» Input
::::

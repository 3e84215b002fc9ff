// A command, line by line: its parameters, then its tests, then its steps.
ghost use Rattle.std.specs.Prelude.{Some, map};
ghost use Rattle.scheme.specs.Views.{view};
ghost use Rattle.words.specs.Listings.{parameter_words, parameters_words, test_lines, step_lines, listing_words, listings_words};

use crate::InWords;
use crate::role::Role;
use scheme::command::Command;
use scheme::step::Step;
use scheme::test::{Parameter, Test};
use std::fmt;

// A parameter; all but the first come after a comma.
#[derive(Clone, Copy)]
struct ParameterWords {
    i: Parameter,
    role: Role,
}

impl fmt::Display for ParameterWords {
    ghost output = { λ p. Some (parameter_words p.i p.role) };

    fn fmt<W: fmt::Write>(&self, f: &mut fmt::Formatter<W>) -> fmt::Result {
        let ParameterWords { i, role } = *self;
        if i == 0 {
            write!(f, "{i} ({role})")
        } else {
            write!(f, ", {i} ({role})")
        }
    }
}

// All parameters of a command, after how they are called.
#[derive(Drop)]
struct ParametersWords<'a>(&'a Command);

impl fmt::Display for ParametersWords<'_> {
    ghost output = { λ p. Some (parameters_words (view p.0.now)) };

    fn fmt<W: fmt::Write>(&self, f: &mut fmt::Formatter<W>) -> fmt::Result {
        let command = self.0;
        // The parameters are these numbers; there is no list of them to go over.
        for i in 0..command.params() {
            let role = Role::of(command, i);
            write!(f, "{}", ParameterWords { i, role })?;
        }
        Ok(())
    }
}

#[derive(Drop)]
struct TestLines<'a>(&'a [Test]);

impl fmt::Display for TestLines<'_> {
    ghost output = { λ l. Some (test_lines l.0.now) };

    fn fmt<W: fmt::Write>(&self, f: &mut fmt::Formatter<W>) -> fmt::Result {
        for (number, test) in self.0.iter().enumerate() {
            let test = InWords(*test);
            writeln!(f, "  test {number}: {test}")?;
        }
        Ok(())
    }
}

#[derive(Drop)]
struct StepLines<'a>(&'a [Step]);

impl fmt::Display for StepLines<'_> {
    ghost output = { λ l. Some (step_lines l.0.now) };

    fn fmt<W: fmt::Write>(&self, f: &mut fmt::Formatter<W>) -> fmt::Result {
        for (number, step) in self.0.iter().enumerate() {
            let step = InWords(*step);
            writeln!(f, "  step {number}: {step}")?;
        }
        Ok(())
    }
}

// A command with its number in the scheme.
#[derive(Drop)]
pub struct Listing<'a> {
    pub number: usize,
    pub command: &'a Command,
}

impl fmt::Display for Listing<'_> {
    ghost output = { λ l. Some (listing_words l.number (view l.command.now)) };

    fn fmt<W: fmt::Write>(&self, f: &mut fmt::Formatter<W>) -> fmt::Result {
        let Listing { number, command } = *self;
        let parameters = ParametersWords(command);
        if command.params() == 1 {
            writeln!(f, "command {number}: parameter {parameters}")?;
        } else {
            writeln!(f, "command {number}: parameters {parameters}")?;
        }
        let tests = TestLines(command.tests());
        let steps = StepLines(command.steps());
        write!(f, "{tests}{steps}")
    }
}

// All commands of a scheme, by rising number.
#[derive(Drop)]
pub struct Listings<'a>(pub &'a [Command]);

impl fmt::Display for Listings<'_> {
    ghost output = { λ l. Some (listings_words (map view l.0.now)) };

    fn fmt<W: fmt::Write>(&self, f: &mut fmt::Formatter<W>) -> fmt::Result {
        for (number, command) in self.0.iter().enumerate() {
            write!(f, "{}", Listing { number, command })?;
        }
        Ok(())
    }
}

::::

» Problem to work on
All lines in the data that contain the word "steps" should be copied.

» Result
// A command, line by line: its parameters, then its tests, then its steps.
        let steps = StepLines(command.steps());
        write!(f, "{tests}{steps}")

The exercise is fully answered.